The molecule/ion with square pyramidal shape is:

We need to identify which molecule or ion has a square pyramidal shape. To determine the shape, we use VSEPR theory: first count the total electron pairs (bond pairs + lone pairs) around the central atom, then determine the geometry.

Recall: The shape of a molecule depends on the number of bond pairs (BP) and lone pairs (LP) around the central atom. A square pyramidal shape arises when there are 6 electron pairs total: 5 bond pairs and 1 lone pair (derived from octahedral electron geometry).

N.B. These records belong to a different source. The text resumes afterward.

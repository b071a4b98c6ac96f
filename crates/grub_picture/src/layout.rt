//! What a picture shows, and where: its runqueues, each with its curves and its lanes.

ghost use Rattle.std.specs.Prelude.{◌≡◌, ◌+◌, ◌*◌, ◌<◌, ◌≤◌, ◌^◌, All, IfOk, length, vec_len};

use crate::bars::bars_of;
use crate::curve::{CurvePoint, points_of};
use crate::lane::{lanes_of, own_of};
use crate::tick::{Tick, ticks_of};
use grub_plan::Plan;
use grub_timeline::{Step, steps_of_task};
use std::alloc::{AllocError, Global};
use svg::{Bar, Frame, Rect, rect_of};

/// What is shown of a time line.
#[derive(Clone, Copy)]
pub struct Scene<'a> {
    pub plan: &'a Plan,
    pub steps: &'a [Step],

    /// The steps of each task.
    pub owns: &'a [Vec<Step>],

    pub frame: Frame,

    /// So many of the tasks have lanes, from the first on.
    pub tasks: u32,

    /// So many of the runqueues are there, from the first on.
    pub queues: u32,
}

/// The lane of a task on a runqueue.
#[derive(Drop)]
pub struct LaneLayout {
    /// The number of the task.
    pub task: u32,

    /// How far down it begins, in pixels.
    pub y: u32,

    /// Where its bars stand.
    pub rects: Vec<Rect>,

    pub ticks: Vec<Tick>,
}

/// A runqueue of a picture.
#[derive(Drop)]
pub struct RunqueueLayout {
    /// The number of the runqueue.
    pub runqueue: u32,

    /// How far down it begins, in pixels.
    pub y: u32,

    /// How far down it ends, in pixels.
    pub bottom: u32,

    /// The most bandwidth that is admitted, in 1/2^20.
    pub umax: u32,

    /// The curve of this_bw.
    pub this: Vec<CurvePoint>,

    /// The curve of running_bw.
    pub running: Vec<CurvePoint>,

    /// Its lanes, one below the other.
    pub lanes: Vec<LaneLayout>,
}

/// Where the first runqueue begins, in pixels.
pub(crate) const TOP: u32 = 76;

/// How high a lane is, in pixels.
const LANE: u32 = 16;

/// The steps of each task. It is refused where the allocator refused.
pub fn owns_of(alloc: Global, plan: &Plan, steps: &[Step]) -> Result<Vec<Vec<Step>>, AllocError>
    ensures { IfOk result (λ v. vec_len v ≡ length plan.now.setup.tasks) }
{
    let mut owns = Vec::new(alloc);
    for t in 0..plan.setup().task_count() {
        owns.push(steps_of_task(alloc, t, steps)?)?;
    }
    Ok(owns)
}

/// What is shown of a time line, and where. It is refused where the allocator refused.
pub fn layout_of(alloc: Global, scene: &Scene) -> Result<Vec<RunqueueLayout>, AllocError>
    requires tasks { scene.now.tasks ≤ length scene.now.plan.now.setup.tasks }
    requires queues { scene.now.queues ≤ length scene.now.plan.now.setup.queues }
    requires owns { length scene.now.owns.now ≡ length scene.now.plan.now.setup.tasks }
    ensures within { IfOk result
        (λ v. All (λ q. All (λ l. l.task < length scene.now.owns.now) q.lanes.items) v.items) }
{
    // A reader tells that a setup has no more runqueues than there is room for.
    let _ = scene.plan.setup();
    let mut layout = Vec::new(alloc);
    let mut y = TOP;
    for r in 0..scene.queues {
        let queue = runqueue_of(alloc, scene, r, y)?;
        y = queue.bottom;
        layout.push(queue)?;
    }
    Ok(layout)
}

/// Runqueue `r`, from `y` down.
fn runqueue_of(alloc: Global, scene: &Scene, r: u32, y: u32) -> Result<RunqueueLayout, AllocError>
    requires there { r < length scene.now.plan.now.setup.queues }
    requires room { y + 4194 < 2 ^ 32 }
    requires tasks { scene.now.tasks ≤ length scene.now.plan.now.setup.tasks }
    requires owns { scene.now.tasks ≤ length scene.now.owns.now }
    ensures within { IfOk result (λ q. All (λ l. l.task < length scene.now.owns.now) q.lanes.items) }
    ensures most { IfOk result (λ q. q.bottom ≤ y + 4194) }
{
    let frame = scene.frame;
    let umax = scene.plan.setup().queue(r).umax();
    let this = points_of(alloc, frame, r, scene.steps, false)?;
    let running = points_of(alloc, frame, r, scene.steps, true)?;
    let tasks = lanes_of(alloc, frame, r, scene.owns, scene.tasks)?;
    let lanes = lanes_from(alloc, frame, r, scene.owns, y + 88, &tasks)?;
    Ok(RunqueueLayout {
        runqueue: r,
        y,
        bottom: y + 98 + LANE * tasks.len() as u32,
        umax,
        this,
        running,
        lanes,
    })
}

/// The lanes of these tasks on runqueue `r`, from `y` down.
fn lanes_from(
    alloc: Global,
    frame: Frame,
    r: u32,
    owns: &[Vec<Step>],
    y: u32,
    tasks: &[u32],
) -> Result<Vec<LaneLayout>, AllocError>
    requires there { All (λ t. t < length owns.now) tasks.now }
    requires room { y + 16 * length tasks.now < 2 ^ 32 }
    ensures { IfOk result (λ v. All (λ l. l.task < length owns.now) v.items) }
{
    let mut lanes = Vec::new(alloc);
    let mut at = y;
    for t in tasks {
        let own = own_of(owns, *t);
        lanes.push(lane_of(alloc, frame, r, at, own, *t)?)?;
        at += LANE;
    }
    Ok(lanes)
}

/// The lane of task `t` on runqueue `r`, at `y`.
fn lane_of(
    alloc: Global,
    frame: Frame,
    r: u32,
    y: u32,
    own: &[Step],
    t: u32,
) -> Result<LaneLayout, AllocError>
    ensures { IfOk result (λ l. l.task ≡ t) }
{
    let bars = bars_of(alloc, r, own, frame)?;
    let rects = rects_of(alloc, frame, &bars)?;
    let ticks = ticks_of(alloc, frame, r, own)?;
    Ok(LaneLayout {
        task: t,
        y,
        rects,
        ticks,
    })
}

/// The rectangles of the bars that are a unit wide or more.
fn rects_of(alloc: Global, frame: Frame, bars: &[Bar]) -> Result<Vec<Rect>, AllocError> {
    bars.iter()
        .copied()
        .filter_map(|bar| rect_of(frame, bar))
        .collect(alloc)
}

Option 1: $$[Ni(CN)_4]^{2-}$$

Nickel in this complex is Ni$$^{2+}$$ with electronic configuration $$[Ar] 3d^8$$. CN$$^-$$ is a strong field ligand, so it causes pairing of d-electrons. With 4 ligands and a $$d^8$$ configuration in a strong field, the complex adopts a square planar geometry ($$dsp^2$$ hybridization). This is NOT square pyramidal.

Option 2: $$PCl_5$$

Phosphorus has 5 valence electrons. Each Cl contributes 1 bond pair, giving 5 BP and 0 LP around P. With 5 bond pairs and no lone pairs, the geometry is trigonal bipyramidal ($$sp^3d$$ hybridization). This is NOT square pyramidal.

Option 3: $$BrF_5$$

Bromine has 7 valence electrons. Each F contributes 1 bond pair, giving 5 BP. The remaining electrons on Br: $$7 - 5 = 2$$ electrons = 1 lone pair (LP). So there are 5 BP + 1 LP = 6 total electron pairs around Br.

With 6 electron pairs, the electron geometry is octahedral ($$sp^3d^2$$ hybridization). When one position of the octahedron is occupied by a lone pair, the molecular shape becomes square pyramidal.

Option 4: $$PF_5$$

Phosphorus has 5 valence electrons, and each F contributes 1 bond pair, giving 5 BP and 0 LP. The geometry is trigonal bipyramidal (same as $$PCl_5$$). This is NOT square pyramidal.

Conclusion: Only $$BrF_5$$ has 5 bond pairs and 1 lone pair arranged in an octahedral electron geometry, resulting in a square pyramidal molecular shape.

The correct answer is Option (3): $$BrF_5$$.